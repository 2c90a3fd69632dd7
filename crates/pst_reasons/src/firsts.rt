// Where variables were changed first along a trail.
ghost use Rattle.std.specs.Prelude.{◌≡◌, ◌≤◌, get_or};
ghost use Rattle.pst_reasons.specs.Firsts.{first_at, AreNoLater, AreNoted, AreForgotten};

use pst_narrow::Former;

/// The place of the trail at which a variable was changed first; a great number where it wasn't changed.
pub(crate) fn first_at(firsts: &[usize], variable: u32) -> usize
    ensures { result ≡ first_at firsts.now variable }
{
    match firsts.get(variable as usize) {
        Some(first) => *first,
        None => 0,
    }
}

// Notes that a variable was changed at a place.
fn note_change(firsts: &mut Vec<usize>, variable: u32, at: usize)
    ensures no_later { AreNoLater firsts.old.items firsts.new.items }
    ensures noted { first_at firsts.new.items variable ≤ at }
{
    let first = first_at(firsts.as_slice(), variable);
    if first <= at {
        return;
    }
    firsts[variable as usize] = at;
}

/// Notes the changes of a trail from a mark on.
pub(crate) fn note_changes(firsts: &mut Vec<usize>, formers: &[Former], mark: usize)
    ensures { AreNoted formers.now mark firsts.old.items firsts.new.items }
{
    for at in mark..formers.len() {
        note_change(firsts, formers[at].variable, at);
    }
}

// Forgets the first change of a variable, where it isn't before the mark.
fn forget_change(firsts: &mut Vec<usize>, variable: u32, mark: usize)
    ensures { AreForgotten mark firsts.old.items firsts.new.items }
{
    let first = first_at(firsts.as_slice(), variable);
    if first < mark {
        return;
    }
    let number = variable as usize;
    if number >= firsts.len() {
        return;
    }
    firsts[number] = usize::MAX;
}

/// Forgets the changes of a trail from a mark on, as they are taken back.
pub(crate) fn forget_changes(firsts: &mut Vec<usize>, formers: &[Former], mark: usize)
    ensures { AreForgotten mark firsts.old.items firsts.new.items }
{
    for at in mark..formers.len() {
        forget_change(firsts, formers[at].variable, mark);
    }
}
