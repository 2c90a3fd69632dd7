//! The turns that run.
ghost use Rattle.std.specs.Prelude.{◌≡◌, ◌+◌, length, slice_get, Some, MatchResult};

/// The numbers of the turns round a step, from the innermost to the outermost. Contracts see them from the outermost on.
#[derive(Clone, Copy)]
pub(crate) enum Turns<'a> {
    /// There is none.
    Nothing,
    /// There is one of this number, counted from 0, and these stand round it.
    Within(&'a Turns<'a>, u32),
}

impl Turns<'_> {
    ghost use Rattle.pst_body.specs.Turns.{indices_of};

    /// The number of the turn with so many turns round it; or else how many more there would have to be.
    fn find(&self, level: u32) -> Result<u32, u32>
        ensures { MatchResult result (λ index. slice_get (indices_of self.now) level ≡ Some index) (λ more. more + length (indices_of self.now) ≡ level) }
    {
        match self {
            Turns::Nothing => Err(level),
            Turns::Within(outer, index) => match outer.find(level) {
                Ok(found) => Ok(found),
                Err(0) => Ok(*index),
                Err(more) => Err(more - 1),
            },
        }
    }

    /// The number of the turn with so many turns round it.
    pub(crate) fn index(&self, level: u32) -> Option<u32>
        ensures { result ≡ slice_get (indices_of self.now) level }
    {
        self.find(level).ok()
    }
}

WHAT YOU HAVE TO DO:
Every entry is to be restated word for word, with nothing dropped.

ANSWER BOX:
repository 2c90a3fd69632dd7
filename crates/pst_reasons/src/firsts.rt
// Where variables were changed first along a trail.
ghost use Rattle.std.specs.Prelude.{◌≡◌, ◌≤◌, get_or};
ghost use Rattle.pst_reasons.specs.Firsts.{first_at, AreNoLater, AreNoted, AreForgotten};

use pst_narrow::Former;

/// The place of the trail at which a variable was changed first; a great number where it wasn't changed.
pub(crate) fn first_at(firsts: &[usize], variable: u32) -> usize
    ensures { result ≡ first_at firsts.now variable }
{
    match firsts.get(variable as usize) {
        Some(first) => *first,
        None => 0,
    }
}

// Notes that a variable was changed at a place.
fn note_change(firsts: &mut Vec<usize>, variable: u32, at: usize)
    ensures no_later { AreNoLater firsts.old.items firsts.new.items }
    ensures noted { first_at firsts.new.items variable ≤ at }
{
    let first = first_at(firsts.as_slice(), variable);
    if first <= at {
        return;
    }
    firsts[variable as usize] = at;
}

/// Notes the changes of a trail from a mark on.
pub(crate) fn note_changes(firsts: &mut Vec<usize>, formers: &[Former], mark: usize)
    ensures { AreNoted formers.now mark firsts.old.items firsts.new.items }
{
    for at in mark..formers.len() {
        note_change(firsts, formers[at].variable, at);
    }
}

// Forgets the first change of a variable, where it isn't before the mark.
fn forget_change(firsts: &mut Vec<usize>, variable: u32, mark: usize)
    ensures { AreForgotten mark firsts.old.items firsts.new.items }
{
    let first = first_at(firsts.as_slice(), variable);
    if first < mark {
        return;
    }
    let number = variable as usize;
    if number >= firsts.len() {
        return;
    }
    firsts[number] = usize::MAX;
}

/// Forgets the changes of a trail from a mark on, as they are taken back.
pub(crate) fn forget_changes(firsts: &mut Vec<usize>, formers: &[Former], mark: usize)
    ensures { AreForgotten mark firsts.old.items firsts.new.items }
{
    for at in mark..formers.len() {
        forget_change(firsts, formers[at].variable, mark);
    }
}
repository 2c90a3fd69632dd7
//! The turns that run.
ghost use Rattle.std.specs.Prelude.{◌≡◌, ◌+◌, length, slice_get, Some, MatchResult};

/// The numbers of the turns round a step, from the innermost to the outermost. Contracts see them from the outermost on.
#[derive(Clone, Copy)]
pub(crate) enum Turns<'a> {
    /// There is none.
    Nothing,
    /// There is one of this number, counted from 0, and these stand round it.
    Within(&'a Turns<'a>, u32),
}

impl Turns<'_> {
    ghost use Rattle.pst_body.specs.Turns.{indices_of};

    /// The number of the turn with so many turns round it; or else how many more there would have to be.
    fn find(&self, level: u32) -> Result<u32, u32>
        ensures { MatchResult result (λ index. slice_get (indices_of self.now) level ≡ Some index) (λ more. more + length (indices_of self.now) ≡ level) }
    {
        match self {
            Turns::Nothing => Err(level),
            Turns::Within(outer, index) => match outer.find(level) {
                Ok(found) => Ok(found),
                Err(0) => Ok(*index),
                Err(more) => Err(more - 1),
            },
        }
    }

    /// The number of the turn with so many turns round it.
    pub(crate) fn index(&self, level: u32) -> Option<u32>
        ensures { result ≡ slice_get (indices_of self.now) level }
    {
        self.find(level).ok()
    }
}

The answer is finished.